(Stored data entries)

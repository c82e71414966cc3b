//! The command `explain gate`: the reply of `gate`, and why. The explanation says for each artifact of a manifest
//! whether it is admitted, and for each of its bundles why it is not trusted, or what was verified; or what is wrong
//! with a text that is not a manifest.
//!
//! ```text
//! {"artifacts":[{"admitted":"no","bundles":[{"cause":["Certificate","Expired"],"link":"time",..}],"name":"tool-1.0.tar.gz"}]}
//! {"cause":["Member"],"link":"request","path":"artifacts[7].root","why":"BeyondRange"}
//! ```
//!
//! The layer above uses one fact: [`explained_gate`] returns the reply of `gate`, and the document whose tree the
//! definition gives. Both are made of one reading of the manifest and of the same verdicts: each trusted root is held
//! once, and each bundle is verified once. By [`laws`] a text has one such tree.
#![tactic(auto)]

mod artifact;
mod artifacts;
mod bundle;
mod explanation;
pub mod laws;
mod roots;

pub use explanation::{ExplainedGate, explained_gate};
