//! `explain gate`: the reply of `gate`, and what explains it.
ghost use Rattle.std.specs.Prelude.{◌≡◌, IfOk};
ghost use Rattle.sig_explain_gate.specs.Artifact.{IsGateTree, artifacts_tree};
ghost use Rattle.sig_explain_gate.specs.GateExplanation.{IsGateExplanation, unread_tree};
ghost use Rattle.sig_gate_command.specs.Reply.{IsGateReply, IsReportOf};
ghost use Rattle.sig_gate_command.specs.Request.{parts_of};
ghost use Rattle.sig_json.specs.Tree.{document_tree};
ghost use Rattle.sig_manifest.specs.Manifest.{manifest_view};
ghost use Rattle.sig_manifest.specs.Unknown.{AreNamed};
ghost use Rattle.sig_manifest_fault.specs.ManifestFault.{manifest_fault_in};
ghost use Rattle.sig_reply.specs.Reply.{no_request};

use crate::artifacts::find_artifacts;
use sig_base::OutOfMemory;
use sig_explain_log::request_explanation;
use sig_gate_command::{GateRequest, report_reply};
use sig_json::{Document, Object};
use sig_manifest_fault::manifest_fault;
use sig_reply::Reply;
use std::alloc::Global;

/// The reply of `gate` to a text, and what explains it.
#[derive(Drop)]
pub struct ExplainedGate {
    /// The reply that `gate_reply` of sig_gate_command makes.
    pub reply: Reply,
    /// What `explain gate` shows.
    pub document: Document,
}

/// Returns the reply of `gate` to a request's text, and what `explain gate` shows of it. For a manifest, this is an
/// object of one member, `artifacts`: for each artifact in order its `name`, whether it is `admitted`, `yes` or `no`,
/// and `bundles`, for each of its bundles in order the object of what was verified, or of why it is refused, as
/// `explain verify` shows it under the artifact's trusted root and policy. For a text that is not a manifest it is the
/// object of what is wrong with it, with the link `request`. Fails only if out of memory.
///
/// Both are made of one reading of the text, and of one verdict on each bundle; a text that is not a manifest is read
/// again, for what is wrong with it.
pub fn explained_gate(alloc: Global, text: &[u8]) -> Result<ExplainedGate, OutOfMemory>
    ensures reply { IfOk result (λ explained. IsGateReply text.now explained.reply) }
    ensures explanation { IfOk result (λ explained. IsGateExplanation text.now (document_tree explained.document)) }
{
    let Some(request) = GateRequest::read(alloc, text)? else {
        return explain_unread(alloc, text);
    };
    explain_read(alloc, request)
}

/// The reply to a text that is not a manifest, and what is wrong with it.
fn explain_unread(alloc: Global, text: &[u8]) -> Result<ExplainedGate, OutOfMemory>
    ensures reply { IfOk result (λ explained. explained.reply ≡ no_request) }
    ensures tree { IfOk result (λ explained. document_tree explained.document ≡ unread_tree (manifest_fault_in text.now)) }
{
    let reply = Reply::refused(alloc, 2, "request")?;
    let document = unread_document(alloc, text)?;
    Ok(ExplainedGate { reply, document })
}

/// What is wrong with a text that is not a manifest.
fn unread_document(alloc: Global, text: &[u8]) -> Result<Document, OutOfMemory>
    ensures { IfOk result (λ document. document_tree document ≡ unread_tree (manifest_fault_in text.now)) }
{
    match manifest_fault(alloc, text)? {
        Some(fault) => {
            let document = request_explanation(alloc, &fault);
            drop(fault);
            document
        }
        None => Ok(Object::new(alloc).into_document()),
    }
}

/// The reply to a manifest, and what is shown of it, once its accepted signatures can be asked by their parts.
fn explain_read(alloc: Global, request: GateRequest) -> Result<ExplainedGate, OutOfMemory>
    requires { AreNamed (manifest_view request.manifest) }
    ensures reply { IfOk result (λ explained. IsReportOf (parts_of request) explained.reply) }
    ensures tree { IfOk result (λ explained. IsGateTree (parts_of request) (document_tree explained.document)) }
{
    let mut request = request;
    request.accepted.order_parts(alloc)?;
    let explained = explain_manifest(alloc, &request);
    drop(request);
    explained
}

/// The reply to a manifest, and what is shown of it.
fn explain_manifest(alloc: Global, request: &GateRequest) -> Result<ExplainedGate, OutOfMemory>
    requires { AreNamed (manifest_view request.now.manifest) }
    ensures reply { IfOk result (λ explained. IsReportOf (parts_of request.entry.now) explained.reply) }
    ensures tree { IfOk result (λ explained. IsGateTree (parts_of request.entry.now) (document_tree explained.document)) }
{
    let found = find_artifacts(alloc, request)?;
    let reply = report_reply(alloc, &request.manifest, &found.verdicts)?;
    let document = under_artifacts(alloc, found.list)?;
    Ok(ExplainedGate { reply, document })
}

/// The object of a list of artifacts.
fn under_artifacts(alloc: Global, list: Document) -> Result<Document, OutOfMemory>
    ensures { IfOk result (λ document. document_tree document ≡ artifacts_tree (document_tree list)) }
{
    let object = Object::new(alloc).with(alloc, "artifacts", list)?;
    Ok(object.into_document())
}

» What the exercise asks:
Lines containing the word "OutOfMemory" are to be pulled from the records and copied.

» Answer:
use sig_base::OutOfMemory;
pub fn explained_gate(alloc: Global, text: &[u8]) -> Result<ExplainedGate, OutOfMemory>
fn explain_unread(alloc: Global, text: &[u8]) -> Result<ExplainedGate, OutOfMemory>
fn unread_document(alloc: Global, text: &[u8]) -> Result<Document, OutOfMemory>
fn explain_read(alloc: Global, request: GateRequest) -> Result<ExplainedGate, OutOfMemory>
fn explain_manifest(alloc: Global, request: &GateRequest) -> Result<ExplainedGate, OutOfMemory>
fn under_artifacts(alloc: Global, list: Document) -> Result<Document, OutOfMemory>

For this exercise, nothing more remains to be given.